Kraftlos, mutlos, ideenlos - so lautet bereits jetzt die Kritik an der Großen Koalition zwischen Union und SPD - noch bevor sie überhaupt Realität geworden ist. Profitieren könnte von dieser Stimmung "Die Linke". Aber die Partei kämpft um ihren politischen Kurs - mit ungewissem Ausgang.

Von Falk Steiner | 09.02.2018
    Bernd Riexinger, (l-r) Bundesvorsitzender der Partei Die Linke, Katja Kipping, Bundesvorsitzende der Partei Die Linke, und die Spitzenkandidaten Dietmar Bartsch und Sahra Wagenknecht am 25.09.2017 in der Bundespressekonferenz in Berlin.

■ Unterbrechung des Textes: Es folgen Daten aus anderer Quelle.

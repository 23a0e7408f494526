//! The plan of a part of a file.

ghost use Rattle.std.specs.Prelude.{◌≡◌, Some, length, IfOk, IfSome};
ghost use Rattle.mp4_remux.specs.Pieces.{AreWithin, spelled};
ghost use Rattle.mp4_remux_files.specs.Cuts.{IsCut};

use crate::refusal::Stop;
use mp4_remux::PlannedFile;
use mp4_remux::parts::{Part, check_part};
use mp4_remux::pieces::Plan;
use mp4_walk::Source;
use std::alloc::Global;

/// The times of a part, in nanoseconds.
#[derive(Clone, Copy, Debug, PartialEq, Eq)]
pub struct Times {
    /// The time at which the part begins.
    pub from: u64,
    /// The time at which it ends.
    pub to: u64,
}

/// Returns the new file that `plan` spells out over the file `source`, if it is the part of that file between these
/// `times`. `origins` are the times of the media of each track that are presented at 0. `again` is a second source of
/// the same file, since the old and the new file are compared.
pub(crate) fn check_cut<S: Source, T: Source>(
    alloc: Global,
    times: Times,
    origins: Vec<i64>,
    source: S,
    again: T,
    plan: Plan,
) -> Result<PlannedFile<S>, Stop>
    ensures source { IfOk result (λ p. S.all p.source ≡ S.all source) }
    ensures within { IfOk result (λ p. IfSome (S.all source) (λ B. AreWithin (length B) p.plan.value)) }
    ensures file { IfOk result (λ p. IfSome (S.all source)
        (λ B. T.all again ≡ Some B → IsCut times B (spelled B p.plan.value))) }
{
    let part = Part {
        from: times.from,
        to: times.to,
        origins,
    };
    let planned = check_part(alloc, &part, source, again, plan)?;
    Ok(planned)
}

    Die Parteivorsitzenden von "Die Linke" Bernd Riexinger und Katja Kipping neben den Fraktionsvorsitzenden Dietmar Bartsch und Sahra Wagenknecht (v.l.n.r.) (dpa / Bernd von Jutrczenka)
    Die Große Koalition steht, wenn die SPD-Mitglieder zustimmen. Doch einige sind unzufrieden mit dem Verhandlungsergebnis, mit der Koalition überhaupt. Werden sie der SPD treu bleiben, sollte die Mehrheit sich für die Koalition entscheiden? Auch bei den Grünen, in den Jamaika-Sondierungen Union und FDP teils weit entgegengekommen, gibt es Enttäuschte. Eine gute Ausgangslage für die Linke in Deutschland?
    "Eine SPD, die auf GroKo-Kurs ist, und vor allen Dingen solch einem Vertrag wie er sich jetzt abzeichnet zustimmt, wie er sich jetzt abzeichnet, macht einen Platz frei, links von der dann übrigen SPD. Und den können wir als Linke besetzen", sagt die Vorsitzende der Linkspartei, Katja Kipping.
    Die Rolle als Oppositionsführerin im Bundestag hat die Linke verloren, bei der Wahl im September hatten sich viele Mitglieder mehr als 9,2 Prozent der Wählerstimmen erhofft. Aber: Gut vier Millionen Zweitstimmen hat die Partei bekommen, eine halbe Million mehr als 2013. Und: Die Linke wächst wieder, erstmals seit Jahren. 62.300 Mitglieder hat sie zu Jahresbeginn - über 3.000 mehr als im Vorjahr. Die Neuen sind im Schnitt gerade einmal 35 Jahre alt. Die Generation SED, die lange das Rückgrat der Partei bildete, verschwindet - weil sie austritt oder verstirbt. Die Linke verändert sich und streitet darüber, wie diese Veränderung aussehen soll.
    "Wir müssen mehr zur Wirtschaft sagen"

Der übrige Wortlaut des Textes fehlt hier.